- _WHAT TO PRODUCE_:
Each line of the entries that mentions the string "length" needs to be reported.

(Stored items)

--- --- ---

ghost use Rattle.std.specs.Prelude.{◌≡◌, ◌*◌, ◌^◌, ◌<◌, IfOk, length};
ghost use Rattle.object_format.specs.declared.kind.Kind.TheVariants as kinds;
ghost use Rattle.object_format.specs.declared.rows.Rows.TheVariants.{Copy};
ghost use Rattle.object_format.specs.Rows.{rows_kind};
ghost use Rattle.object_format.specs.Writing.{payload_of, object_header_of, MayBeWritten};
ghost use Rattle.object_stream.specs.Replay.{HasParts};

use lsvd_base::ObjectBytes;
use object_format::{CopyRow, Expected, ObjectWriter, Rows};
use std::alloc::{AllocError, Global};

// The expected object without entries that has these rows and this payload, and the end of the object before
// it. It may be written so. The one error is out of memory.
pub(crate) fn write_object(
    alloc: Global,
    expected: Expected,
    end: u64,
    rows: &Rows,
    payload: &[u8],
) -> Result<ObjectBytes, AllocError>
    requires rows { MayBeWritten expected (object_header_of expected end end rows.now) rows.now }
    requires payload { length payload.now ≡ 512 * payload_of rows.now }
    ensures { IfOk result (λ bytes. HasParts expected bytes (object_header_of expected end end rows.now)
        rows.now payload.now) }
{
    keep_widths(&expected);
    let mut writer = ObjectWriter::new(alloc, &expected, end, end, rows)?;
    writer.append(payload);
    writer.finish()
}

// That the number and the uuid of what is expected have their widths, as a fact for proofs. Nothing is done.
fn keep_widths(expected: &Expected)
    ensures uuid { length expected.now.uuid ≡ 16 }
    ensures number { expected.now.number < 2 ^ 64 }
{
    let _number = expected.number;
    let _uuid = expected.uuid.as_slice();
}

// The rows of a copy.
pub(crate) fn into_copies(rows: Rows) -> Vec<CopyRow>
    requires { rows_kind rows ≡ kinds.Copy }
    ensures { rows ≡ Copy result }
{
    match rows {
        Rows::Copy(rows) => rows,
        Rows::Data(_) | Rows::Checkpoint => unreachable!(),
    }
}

--- --- ---

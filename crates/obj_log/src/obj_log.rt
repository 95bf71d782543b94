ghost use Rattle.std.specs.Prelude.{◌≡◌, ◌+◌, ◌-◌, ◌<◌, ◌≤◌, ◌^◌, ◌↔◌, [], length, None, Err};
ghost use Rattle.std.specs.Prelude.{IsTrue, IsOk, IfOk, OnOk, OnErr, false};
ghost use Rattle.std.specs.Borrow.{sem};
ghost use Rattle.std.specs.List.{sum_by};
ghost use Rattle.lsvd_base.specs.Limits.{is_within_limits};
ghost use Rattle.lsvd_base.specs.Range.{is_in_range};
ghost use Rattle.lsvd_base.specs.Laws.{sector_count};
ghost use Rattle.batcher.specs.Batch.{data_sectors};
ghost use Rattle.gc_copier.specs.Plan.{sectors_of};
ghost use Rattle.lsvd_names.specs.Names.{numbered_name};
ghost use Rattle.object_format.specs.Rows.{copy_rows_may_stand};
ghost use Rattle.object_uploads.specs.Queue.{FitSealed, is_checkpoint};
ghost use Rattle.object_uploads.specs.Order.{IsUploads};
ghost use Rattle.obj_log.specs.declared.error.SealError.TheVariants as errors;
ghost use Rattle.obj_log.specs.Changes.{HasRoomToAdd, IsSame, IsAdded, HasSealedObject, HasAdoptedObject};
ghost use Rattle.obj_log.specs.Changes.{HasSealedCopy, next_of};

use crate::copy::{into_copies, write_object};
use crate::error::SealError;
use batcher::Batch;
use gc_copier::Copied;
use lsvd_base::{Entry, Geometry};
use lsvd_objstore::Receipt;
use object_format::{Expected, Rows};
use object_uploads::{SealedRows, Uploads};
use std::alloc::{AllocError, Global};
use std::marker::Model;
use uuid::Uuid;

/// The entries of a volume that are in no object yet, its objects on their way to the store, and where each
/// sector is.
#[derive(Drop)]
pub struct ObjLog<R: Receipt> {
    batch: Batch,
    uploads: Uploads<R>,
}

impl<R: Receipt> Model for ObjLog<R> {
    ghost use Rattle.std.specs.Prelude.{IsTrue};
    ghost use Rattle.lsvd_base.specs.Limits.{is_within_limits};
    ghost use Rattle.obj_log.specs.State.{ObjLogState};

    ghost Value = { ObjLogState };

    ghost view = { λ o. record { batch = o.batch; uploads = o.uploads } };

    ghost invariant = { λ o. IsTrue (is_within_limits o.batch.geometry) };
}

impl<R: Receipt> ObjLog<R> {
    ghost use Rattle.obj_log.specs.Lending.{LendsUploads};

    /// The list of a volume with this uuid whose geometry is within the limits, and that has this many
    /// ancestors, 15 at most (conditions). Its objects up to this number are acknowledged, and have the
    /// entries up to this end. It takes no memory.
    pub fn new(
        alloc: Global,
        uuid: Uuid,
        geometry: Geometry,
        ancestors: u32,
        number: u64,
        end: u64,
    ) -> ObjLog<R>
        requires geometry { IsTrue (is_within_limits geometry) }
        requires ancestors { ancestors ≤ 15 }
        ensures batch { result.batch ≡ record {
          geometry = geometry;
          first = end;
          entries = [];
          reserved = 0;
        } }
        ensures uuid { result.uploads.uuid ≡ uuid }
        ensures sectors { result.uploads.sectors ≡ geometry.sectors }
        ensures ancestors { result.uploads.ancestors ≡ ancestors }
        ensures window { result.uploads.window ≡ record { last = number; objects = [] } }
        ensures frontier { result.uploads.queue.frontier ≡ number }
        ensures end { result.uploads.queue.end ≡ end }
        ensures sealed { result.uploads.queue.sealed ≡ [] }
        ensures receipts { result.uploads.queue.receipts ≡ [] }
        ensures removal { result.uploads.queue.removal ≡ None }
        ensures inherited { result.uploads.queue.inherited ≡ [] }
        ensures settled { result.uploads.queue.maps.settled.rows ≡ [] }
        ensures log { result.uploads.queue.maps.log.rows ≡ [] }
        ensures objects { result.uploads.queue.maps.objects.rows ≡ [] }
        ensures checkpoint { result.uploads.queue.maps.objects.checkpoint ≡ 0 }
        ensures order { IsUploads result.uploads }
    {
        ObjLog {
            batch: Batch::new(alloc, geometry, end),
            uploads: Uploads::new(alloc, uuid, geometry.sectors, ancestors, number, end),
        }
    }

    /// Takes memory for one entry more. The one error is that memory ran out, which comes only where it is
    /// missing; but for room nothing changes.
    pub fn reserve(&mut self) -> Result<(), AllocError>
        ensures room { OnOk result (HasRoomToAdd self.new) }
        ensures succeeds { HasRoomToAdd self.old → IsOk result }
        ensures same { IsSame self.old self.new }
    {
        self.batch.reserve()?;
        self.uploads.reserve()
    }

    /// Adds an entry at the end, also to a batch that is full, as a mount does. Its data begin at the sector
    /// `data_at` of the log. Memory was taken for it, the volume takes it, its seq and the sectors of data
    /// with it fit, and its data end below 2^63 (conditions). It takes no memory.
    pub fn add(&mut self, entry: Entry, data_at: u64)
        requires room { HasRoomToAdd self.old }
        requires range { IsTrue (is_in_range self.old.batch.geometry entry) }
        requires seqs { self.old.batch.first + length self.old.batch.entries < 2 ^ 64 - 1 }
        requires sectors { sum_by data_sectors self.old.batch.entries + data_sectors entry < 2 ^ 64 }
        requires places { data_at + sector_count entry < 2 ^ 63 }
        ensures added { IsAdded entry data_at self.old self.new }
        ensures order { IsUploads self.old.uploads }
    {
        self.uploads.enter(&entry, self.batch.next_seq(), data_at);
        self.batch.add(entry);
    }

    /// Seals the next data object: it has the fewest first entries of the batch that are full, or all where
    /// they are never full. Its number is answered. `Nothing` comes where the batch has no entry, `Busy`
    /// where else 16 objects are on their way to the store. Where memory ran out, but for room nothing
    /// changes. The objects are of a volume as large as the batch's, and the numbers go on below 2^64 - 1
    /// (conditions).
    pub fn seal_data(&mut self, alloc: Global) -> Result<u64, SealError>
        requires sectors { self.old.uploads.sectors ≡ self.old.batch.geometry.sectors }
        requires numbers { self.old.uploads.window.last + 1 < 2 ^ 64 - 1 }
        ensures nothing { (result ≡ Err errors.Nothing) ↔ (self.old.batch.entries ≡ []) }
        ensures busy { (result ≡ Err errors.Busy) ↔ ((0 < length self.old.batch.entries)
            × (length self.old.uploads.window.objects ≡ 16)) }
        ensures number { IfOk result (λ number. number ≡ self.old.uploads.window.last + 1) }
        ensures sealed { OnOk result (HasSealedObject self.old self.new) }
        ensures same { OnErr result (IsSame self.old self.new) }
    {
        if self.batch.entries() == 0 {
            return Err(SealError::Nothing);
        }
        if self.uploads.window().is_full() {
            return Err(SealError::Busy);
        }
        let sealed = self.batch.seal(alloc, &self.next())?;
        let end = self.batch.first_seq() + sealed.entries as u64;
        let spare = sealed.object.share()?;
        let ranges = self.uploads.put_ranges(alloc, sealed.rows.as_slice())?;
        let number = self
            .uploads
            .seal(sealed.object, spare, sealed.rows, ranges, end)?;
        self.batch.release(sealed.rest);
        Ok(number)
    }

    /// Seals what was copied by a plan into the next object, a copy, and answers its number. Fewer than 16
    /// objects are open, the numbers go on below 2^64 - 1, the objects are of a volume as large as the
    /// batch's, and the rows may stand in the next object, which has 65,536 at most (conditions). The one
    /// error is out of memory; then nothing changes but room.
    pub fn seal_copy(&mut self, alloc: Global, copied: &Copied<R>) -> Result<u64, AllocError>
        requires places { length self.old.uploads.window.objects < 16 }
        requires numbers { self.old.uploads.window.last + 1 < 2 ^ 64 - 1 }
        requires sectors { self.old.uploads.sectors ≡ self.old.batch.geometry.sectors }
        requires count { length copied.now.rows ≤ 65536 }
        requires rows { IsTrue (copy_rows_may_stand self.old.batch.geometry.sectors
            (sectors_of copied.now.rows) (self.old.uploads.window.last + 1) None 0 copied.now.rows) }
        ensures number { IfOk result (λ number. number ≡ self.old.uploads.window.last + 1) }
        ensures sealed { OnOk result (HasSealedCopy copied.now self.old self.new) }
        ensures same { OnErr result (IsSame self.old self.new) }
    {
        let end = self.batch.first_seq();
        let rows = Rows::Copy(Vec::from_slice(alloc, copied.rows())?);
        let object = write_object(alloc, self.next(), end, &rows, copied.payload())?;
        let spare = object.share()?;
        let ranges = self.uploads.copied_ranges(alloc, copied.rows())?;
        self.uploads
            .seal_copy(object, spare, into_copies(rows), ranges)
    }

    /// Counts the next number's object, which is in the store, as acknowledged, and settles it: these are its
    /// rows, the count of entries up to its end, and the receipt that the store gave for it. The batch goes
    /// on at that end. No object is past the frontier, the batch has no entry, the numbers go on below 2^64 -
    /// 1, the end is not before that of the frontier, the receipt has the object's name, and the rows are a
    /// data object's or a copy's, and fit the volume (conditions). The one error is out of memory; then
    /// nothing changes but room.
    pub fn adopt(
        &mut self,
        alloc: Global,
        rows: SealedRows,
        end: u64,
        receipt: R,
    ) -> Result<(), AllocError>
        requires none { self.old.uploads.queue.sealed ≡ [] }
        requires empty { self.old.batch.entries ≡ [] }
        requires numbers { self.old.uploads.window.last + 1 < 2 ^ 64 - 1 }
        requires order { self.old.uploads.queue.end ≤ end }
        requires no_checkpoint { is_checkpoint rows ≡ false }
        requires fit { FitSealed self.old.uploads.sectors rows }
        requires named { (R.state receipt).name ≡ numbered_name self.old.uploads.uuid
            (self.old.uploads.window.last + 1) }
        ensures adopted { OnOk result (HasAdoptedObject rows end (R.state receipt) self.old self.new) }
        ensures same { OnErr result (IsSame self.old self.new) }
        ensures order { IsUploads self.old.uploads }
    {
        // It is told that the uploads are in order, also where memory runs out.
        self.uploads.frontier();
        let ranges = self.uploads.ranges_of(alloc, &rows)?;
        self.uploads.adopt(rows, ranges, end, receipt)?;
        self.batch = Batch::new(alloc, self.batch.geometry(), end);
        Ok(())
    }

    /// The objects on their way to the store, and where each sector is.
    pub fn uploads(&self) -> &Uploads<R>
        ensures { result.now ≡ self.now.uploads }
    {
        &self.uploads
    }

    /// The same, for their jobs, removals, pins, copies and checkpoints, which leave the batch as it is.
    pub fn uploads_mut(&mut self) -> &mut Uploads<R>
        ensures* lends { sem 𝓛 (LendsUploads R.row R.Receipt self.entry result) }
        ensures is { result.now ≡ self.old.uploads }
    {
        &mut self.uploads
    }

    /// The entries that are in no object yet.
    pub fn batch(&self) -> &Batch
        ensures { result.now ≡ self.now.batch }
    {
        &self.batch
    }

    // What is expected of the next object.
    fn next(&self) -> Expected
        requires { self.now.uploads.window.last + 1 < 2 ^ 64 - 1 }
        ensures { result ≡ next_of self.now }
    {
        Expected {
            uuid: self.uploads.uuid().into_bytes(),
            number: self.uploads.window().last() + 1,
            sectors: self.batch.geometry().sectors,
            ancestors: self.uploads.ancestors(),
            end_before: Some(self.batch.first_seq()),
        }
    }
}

--- --- ---

- _ANSWER TO THIS TASK_:
ghost use Rattle.std.specs.Prelude.{◌≡◌, ◌*◌, ◌^◌, ◌<◌, IfOk, length};
    requires payload { length payload.now ≡ 512 * payload_of rows.now }
    ensures uuid { length expected.now.uuid ≡ 16 }
ghost use Rattle.std.specs.Prelude.{◌≡◌, ◌+◌, ◌-◌, ◌<◌, ◌≤◌, ◌^◌, ◌↔◌, [], length, None, Err};
        requires seqs { self.old.batch.first + length self.old.batch.entries < 2 ^ 64 - 1 }
        ensures busy { (result ≡ Err errors.Busy) ↔ ((0 < length self.old.batch.entries)
            × (length self.old.uploads.window.objects ≡ 16)) }
        requires places { length self.old.uploads.window.objects < 16 }
        requires count { length copied.now.rows ≤ 65536 }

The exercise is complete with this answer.